Task objective =>
Would you please return the lines of the entries below starting at the line that has "IsWelfareRefusal market.now x" and ending at the line that has "flows_at market.now (dispatch_of", both included, exactly as they are?

(Saved entries)
══════════════════════════════
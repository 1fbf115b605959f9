//! What buses demand, and what they pay for that.

ghost use Rattle.std.specs.Prelude.{◌≡◌, ◌⊎◌, length, map, IfOk, IfErr};
ghost use Rattle.fraction_theory.specs.Fraction.{Fraction, whole, ◌+ℚ◌, ◌*ℚ◌};
ghost use Rattle.market_data.specs.Participants.{IsBus};
ghost use Rattle.market_model.specs.declared.answered.Duals.{Duals as DualsOf};
ghost use Rattle.exact_fraction.specs.declared.Op.TheVariants.{Plus, Times};
ghost use Rattle.market_model.specs.Dispatch.{Dispatch, places};
ghost use Rattle.market_model.specs.NamedSums.{IsRefusal};
ghost use Rattle.market_model.specs.Valued.{passed_at, load_at, total_at};
ghost use Rattle.market_model.specs.Settlement.{pay_of_load};
ghost use Rattle.settlement.specs.Refusals.{IsMoneyStop};

use exact_fraction::{Exact, Passed, exact_sum};
use market_model::{Bus, List, Load, Market, Price, Stop, datum};
use std::alloc::Global;

/// A bus's demand and what it pays at a price.
#[tactic(auto, using(market_data::proofs::Data::datum_read))]
fn load<N: Exact>(bus: &Bus, price: N) -> Result<Load<N>, Passed<N>>
    requires { IsBus bus.now }
    ensures demand { IfOk result (λ load. N.value load.mw ≡ whole bus.now.pd +ℚ whole bus.now.gs) }
    ensures pays { IfOk result (λ load. N.value load.pays ≡ N.value price *ℚ N.value load.mw) }
    ensures stops { IfErr result (λ passed. IsRefusal Plus (whole bus.now.pd) (whole bus.now.gs) N.bound (passed_at N.value passed)
        ⊎ IsRefusal Times (N.value price) (whole bus.now.pd +ℚ whole bus.now.gs) N.bound (passed_at N.value passed)) }
{
    let pd: N = datum(bus.pd);
    let mw = exact_sum(pd, datum(bus.gs))?;
    let pays = price.times(mw)?;
    Ok(Load { mw, pays })
}

/// What each bus pays.
pub fn loads<N: Exact>(
    alloc: Global,
    market: &Market,
    prices: &[Price<N>],
) -> Result<List<Load<N>>, Stop<N>>
    requires { length prices.now ≡ length market.now.buses }
    ensures stops { (x : Dispatch) (d : DualsOf Fraction) → IfErr result (IsMoneyStop N.value N.bound market.now x (total_at N.value prices.now) d) }
    ensures loads { IfOk result (λ loads. map (load_at N.value) loads ≡ map (pay_of_load market.now (total_at N.value prices.now)) (places (length market.now.buses))) }
{
    let mut loads = List::new(alloc);
    for (place, bus) in market.buses().slice().iter().enumerate() {
        loads.push(load(bus, prices[place].total)?)?;
    }
    Ok(loads)
}
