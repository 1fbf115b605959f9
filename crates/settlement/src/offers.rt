//! What offers of reserve are paid.

ghost use Rattle.std.specs.Prelude.{◌≡◌, ℕ, List, length, map, IfOk, IfErr};
ghost use Rattle.fraction_theory.specs.Fraction.{Fraction};
ghost use Rattle.market_model.specs.declared.answered.Duals.{Duals as DualsOf};
ghost use Rattle.market_model.specs.declared.participants.Parts.{Parts};
ghost use Rattle.market_model.specs.Dispatch.{places, dispatch_with};
ghost use Rattle.market_model.specs.Settlement.{pay_of_reserve};
ghost use Rattle.market_model.specs.Valued.{reserve_pay_at};
ghost use Rattle.settlement.specs.Refusals.{IsMoneyStop};

use exact_fraction::Exact;
use market_model::{List, ReservePay, Stop};
use std::alloc::Global;

/// What each offer of reserve is paid at the price of reserve, for what is accepted of it.
pub fn reserve_pays<N: Exact>(
    alloc: Global,
    reserve: &[N],
    price: N,
) -> Result<List<ReservePay<N>>, Stop<N>>
    ensures stops { (m : Parts) (blocks : List Fraction) (by_bus : ℕ → Fraction) (d : DualsOf Fraction) → length reserve.now ≡ length m.reserve.offers → N.value price ≡ d.reserve
        → IfErr result (IsMoneyStop N.value N.bound m (dispatch_with blocks (map N.value reserve.now)) by_bus d) }
    ensures pays { (blocks : List Fraction) (d : DualsOf Fraction) → N.value price ≡ d.reserve
        → IfOk result (λ pays. map (reserve_pay_at N.value) pays ≡ map (pay_of_reserve (dispatch_with blocks (map N.value reserve.now)) d) (places (length reserve.now))) }
{
    let mut pays = List::new(alloc);
    for mw in reserve {
        let paid = price.times(*mw)?;
        pays.push(ReservePay { mw: *mw, paid })?;
    }
    Ok(pays)
}
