//! What units put out, and what they are paid for that.

ghost use Rattle.std.specs.Prelude.{◌≡◌, ◌⊎◌, ◌<◌, ℕ, List, length, map, IfOk, IfErr};
ghost use Rattle.fraction_theory.specs.Fraction.{Fraction, ◌*ℚ◌};
ghost use Rattle.market_model.specs.declared.answered.Duals.{Duals as DualsOf};
ghost use Rattle.exact_fraction.specs.declared.Op.TheVariants.{Times};
ghost use Rattle.market_model.specs.Dispatch.{places, dispatch_with, output as output_of, output_terms};
ghost use Rattle.market_model.specs.LimitRows.{lost_unit};
ghost use Rattle.market_model.specs.NamedSums.{IsRefusal, IsRefusedIn};
ghost use Rattle.market_model.specs.Optimality.{own_price};
ghost use Rattle.market_model.specs.PutIn.{dispatch_of};
ghost use Rattle.market_model.specs.Valued.{passed_at, unit_pay_at};
ghost use Rattle.market_model.specs.Settlement.{pay_of_unit};
ghost use Rattle.settlement.specs.Refusals.{IsMoneyStop};

use exact_fraction::{Exact, Passed};
use limit_rows::lost_unit;
use market_model::{List, Market, Memory, Stop, UnitPay, output};
use std::alloc::Global;

/// The own price of the unit of each outage of a unit, in the order in which these are listed.
pub fn lost_prices<N: Exact>(alloc: Global, market: &Market, own: &[N]) -> Result<List<N>, Memory>
    requires { length own.now ≡ length market.now.units }
    ensures { (price : ℕ → Fraction) → map N.value own.now ≡ map price (places (length market.now.units))
        → IfOk result (λ lost. map N.value lost ≡ map (λ k. price (lost_unit market.now k)) (places (length market.now.unit_outages))) }
{
    let mut lost = List::new(alloc);
    for outage in 0..market.unit_outages().len() {
        lost.push(own[lost_unit(market, outage)])?;
    }
    Ok(lost)
}

/// What a unit puts out, and what it is paid for that at its price.
fn unit_pay<N: Exact>(
    market: &Market,
    place: usize,
    dispatch: &[N],
    price: N,
) -> Result<UnitPay<N>, Passed<N>>
    requires place { place < length market.now.units }
    requires dispatch { length dispatch.now ≡ length market.now.blocks }
    ensures mw { IfOk result (λ pay. N.value pay.mw ≡ output_of market.now (dispatch_of N.value dispatch.now) place) }
    ensures paid { IfOk result (λ pay. N.value pay.paid ≡ N.value price *ℚ N.value pay.mw) }
    ensures stops { IfErr result (λ passed. IsRefusedIn (output_terms market.now (dispatch_of N.value dispatch.now) place) N.bound (passed_at N.value passed)
        ⊎ IsRefusal Times (N.value price) (output_of market.now (dispatch_of N.value dispatch.now) place) N.bound (passed_at N.value passed)) }
{
    let mw = output(market, place, dispatch)?;
    let paid = price.times(mw)?;
    Ok(UnitPay { mw, paid })
}

/// What each unit is paid for energy at its own price, whatever reserve is accepted beside.
pub fn unit_pays<N: Exact>(
    alloc: Global,
    market: &Market,
    dispatch: &[N],
    own: &[N],
) -> Result<List<UnitPay<N>>, Stop<N>>
    requires dispatch { length dispatch.now ≡ length market.now.blocks }
    requires own { length own.now ≡ length market.now.units }
    ensures stops { (reserve : List Fraction) (price : ℕ → Fraction) (d : DualsOf Fraction) → map N.value own.now ≡ map (own_price market.now d price) (places (length market.now.units))
        → IfErr result (IsMoneyStop N.value N.bound market.now (dispatch_with (map N.value dispatch.now) reserve) price d) }
    ensures pays { (reserve : List Fraction) (price : ℕ → Fraction) (d : DualsOf Fraction) → map N.value own.now ≡ map (own_price market.now d price) (places (length market.now.units))
        → IfOk result (λ pays. map (unit_pay_at N.value) pays ≡ map (pay_of_unit market.now (dispatch_with (map N.value dispatch.now) reserve) price d) (places (length market.now.units))) }
{
    let mut pays = List::new(alloc);
    for (place, price) in own.iter().enumerate() {
        pays.push(unit_pay(market, place, dispatch, *price)?)?;
    }
    Ok(pays)
}
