//! What a dispatch is worth.

ghost use Rattle.std.specs.Prelude.{◌≡◌, ◌⊎◌, ◌+◌, ◌<◌, ◌++◌, List, length, map, IfOk, IfErr};
ghost use Rattle.std.specs.List.{list_any};
ghost use Rattle.fraction_theory.specs.Fraction.{Fraction, neg_ℚ, ◌+ℚ◌, ◌*ℚ◌};
ghost use Rattle.fraction_theory.specs.Sums.{total};
ghost use Rattle.market_model.specs.Dispatch.{Dispatch, dispatch_with};
ghost use Rattle.market_model.specs.LimitRows.{IsCauseOf, flow_by, penalty, rows as rows_of};
ghost use Rattle.market_model.specs.NamedSums.{IsShareRefusal};
ghost use Rattle.market_model.specs.Optimality.{penalty_terms, block_value_terms, welfare as welfare_of};
ghost use Rattle.market_model.specs.Overrun.{excess_by};
ghost use Rattle.market_model.specs.PutIn.{dispatch_of};
ghost use Rattle.market_model.specs.SumTables.{IsFlowRefusal, IsRefusedAmong, WelfareSum};
ghost use Rattle.market_model.specs.Valued.{passed_at};
ghost use Rattle.limit_screen.specs.Flows.{carried_at, flows_at};
ghost use Rattle.settlement.specs.SoftLines.{has_soft_limit};
ghost use Rattle.settlement.specs.Refusals.{IsWelfareRefusal};

use crate::rows::excess;
use exact_fraction::{Exact, Passed};
use limit_rows::{is_soft, penalty_at, row_flow, rows};
use limit_screen::carried_flows;
use market_model::{Line, Market, Row, block_value, datum, offer_value};

/// The value of what is bought less the cost of what is sold, in block order.
fn values<N: Exact>(market: &Market, dispatch: &[N]) -> Result<N, Passed<N>>
    requires { length dispatch.now ≡ length market.now.blocks }
    ensures values { IfOk result (λ values. N.value values ≡ total (block_value_terms market.now (dispatch_of N.value dispatch.now))) }
    ensures stops { (reserve : List Fraction) → IfErr result (λ passed. IsRefusedAmong (WelfareSum market.now (dispatch_with (map N.value dispatch.now) reserve)) N.bound (passed_at N.value passed)) }
{
    let mut sum: N = datum(0);
    for (place, block) in market.blocks().slice().iter().enumerate() {
        sum = sum.plus_product(block_value(block), dispatch[place])?;
    }
    Ok(sum)
}

/// A sum less what the limit of a row costs: its penalty for the excess of its flow.
fn less_penalty<N: Exact>(market: &Market, row: Row, flows: &[N], sum: N) -> Result<N, Passed<N>>
    requires line { row.line < length market.now.lines }
    requires lost { IsCauseOf market.now row.cause }
    requires flows { length flows.now ≡ length market.now.buses + length market.now.lines + length market.now.unit_outages }
    ensures less { let carried = carried_at market.now (map N.value flows.now) in IfOk result (λ less. N.value less ≡ N.value sum +ℚ neg_ℚ (penalty market.now row) *ℚ excess_by market.now row (flow_by market.now carried row)) }
    ensures stops { let carried = carried_at market.now (map N.value flows.now) in IfErr result (λ passed. IsFlowRefusal market.now carried row N.bound (passed_at N.value passed)
        ⊎ IsShareRefusal (N.value sum) (neg_ℚ (penalty market.now row)) (excess_by market.now row (flow_by market.now carried row)) N.bound (passed_at N.value passed)) }
{
    let flow = row_flow(market, carried_flows(market, flows), row)?;
    let excess = excess(market, row, flow)?;
    let penalty: N = datum(penalty_at(market, row));
    sum.plus_product(penalty.neg(), excess)
}

/// Whether a limit of a line gives way, in the base or after outages.
fn has_soft_limit(line: &Line) -> bool
    ensures { result ≡ has_soft_limit line.now }
{
    line.base_price > 0 || line.post_price > 0
}

/// Whether one of some line does.
fn has_soft_limits(market: &Market) -> bool
    ensures { result ≡ list_any has_soft_limit market.now.lines }
{
    let lines = market.lines().slice();
    lines.iter().any(|line| has_soft_limit(line))
}

/// The value of blocks less what limits cost: the penalties of those that give way, in row order. Rows are gone over only where a line has
/// such a limit.
fn less_penalties<N: Exact>(market: &Market, flows: &[N], values: N) -> Result<N, Passed<N>>
    requires { length flows.now ≡ length market.now.buses + length market.now.lines + length market.now.unit_outages }
    ensures worth { (x : Dispatch) → map N.value flows.now ≡ flows_at market.now x → N.value values ≡ total (block_value_terms market.now x)
        → IfOk result (λ worth. N.value worth ≡ total (block_value_terms market.now x ++ penalty_terms market.now (rows_of market.now) x)) }
    ensures stops { (x : Dispatch) → map N.value flows.now ≡ flows_at market.now x → N.value values ≡ total (block_value_terms market.now x)
        → IfErr result (λ passed. IsWelfareRefusal market.now x N.bound (passed_at N.value passed)) }
{
    let _buses = market.buses();
    if !has_soft_limits(market) {
        return Ok(values);
    }
    let mut sum = values;
    for row in rows(market) {
        if is_soft(market, row) {
            sum = less_penalty(market, row, flows, sum)?;
        }
    }
    Ok(sum)
}

/// The worth of blocks and limits less what the accepted reserve costs, in the order of the offers.
fn less_reserve_costs<N: Exact>(
    market: &Market,
    reserve: &[N],
    of_energy: N,
) -> Result<N, Passed<N>>
    requires { length reserve.now ≡ length market.now.reserve.offers }
    ensures worth { (blocks : List Fraction) → let x = dispatch_with blocks (map N.value reserve.now) in N.value of_energy ≡ total (block_value_terms market.now x ++ penalty_terms market.now (rows_of market.now) x)
        → IfOk result (λ worth. N.value worth ≡ welfare_of market.now x) }
    ensures stops { (blocks : List Fraction) → let x = dispatch_with blocks (map N.value reserve.now) in N.value of_energy ≡ total (block_value_terms market.now x ++ penalty_terms market.now (rows_of market.now) x)
        → IfErr result (λ passed. IsRefusedAmong (WelfareSum market.now x) N.bound (passed_at N.value passed)) }
{
    let mut sum = of_energy;
    for (place, offer) in market.reserve().offers.slice().iter().enumerate() {
        sum = sum.plus_product(offer_value(offer), reserve[place])?;
    }
    Ok(sum)
}

/// What a dispatch is worth whose flows are known, by bus, by line and by outage of a unit: the value of what is bought less the cost of what is sold, in
/// block order, less the penalties of the limits that give way, in row order, and less what the accepted reserve costs, in the order of the
/// offers; in 10^-15. A limit that does not give way costs no arithmetic.
pub fn welfare<N: Exact>(
    market: &Market,
    dispatch: &[N],
    reserve: &[N],
    flows: &[N],
) -> Result<N, Passed<N>>
    requires dispatch { length dispatch.now ≡ length market.now.blocks }
    requires reserve { length reserve.now ≡ length market.now.reserve.offers }
    requires flows { map N.value flows.now ≡ flows_at market.now (dispatch_of N.value dispatch.now) }
    ensures worth { IfOk result (λ worth. N.value worth ≡ welfare_of market.now (dispatch_with (map N.value dispatch.now) (map N.value reserve.now))) }
    ensures stops { IfErr result (λ passed. IsWelfareRefusal market.now (dispatch_with (map N.value dispatch.now) (map N.value reserve.now)) N.bound (passed_at N.value passed)) }
{
    let of_blocks = values(market, dispatch)?;
    let of_energy = less_penalties(market, flows, of_blocks)?;
    less_reserve_costs(market, reserve, of_energy)
}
══════════════════════════════
Exercise result =>
        → IfErr result (λ passed. IsWelfareRefusal market.now x N.bound (passed_at N.value passed)) }
{
    let _buses = market.buses();
    if !has_soft_limits(market) {
        return Ok(values);
    }
    let mut sum = values;
    for row in rows(market) {
        if is_soft(market, row) {
            sum = less_penalty(market, row, flows, sum)?;
        }
    }
    Ok(sum)
}

/// The worth of blocks and limits less what the accepted reserve costs, in the order of the offers.
fn less_reserve_costs<N: Exact>(
    market: &Market,
    reserve: &[N],
    of_energy: N,
) -> Result<N, Passed<N>>
    requires { length reserve.now ≡ length market.now.reserve.offers }
    ensures worth { (blocks : List Fraction) → let x = dispatch_with blocks (map N.value reserve.now) in N.value of_energy ≡ total (block_value_terms market.now x ++ penalty_terms market.now (rows_of market.now) x)
        → IfOk result (λ worth. N.value worth ≡ welfare_of market.now x) }
    ensures stops { (blocks : List Fraction) → let x = dispatch_with blocks (map N.value reserve.now) in N.value of_energy ≡ total (block_value_terms market.now x ++ penalty_terms market.now (rows_of market.now) x)
        → IfErr result (λ passed. IsRefusedAmong (WelfareSum market.now x) N.bound (passed_at N.value passed)) }
{
    let mut sum = of_energy;
    for (place, offer) in market.reserve().offers.slice().iter().enumerate() {
        sum = sum.plus_product(offer_value(offer), reserve[place])?;
    }
    Ok(sum)
}

/// What a dispatch is worth whose flows are known, by bus, by line and by outage of a unit: the value of what is bought less the cost of what is sold, in
/// block order, less the penalties of the limits that give way, in row order, and less what the accepted reserve costs, in the order of the
/// offers; in 10^-15. A limit that does not give way costs no arithmetic.
pub fn welfare<N: Exact>(
    market: &Market,
    dispatch: &[N],
    reserve: &[N],
    flows: &[N],
) -> Result<N, Passed<N>>
    requires dispatch { length dispatch.now ≡ length market.now.blocks }
    requires reserve { length reserve.now ≡ length market.now.reserve.offers }
    requires flows { map N.value flows.now ≡ flows_at market.now (dispatch_of N.value dispatch.now) }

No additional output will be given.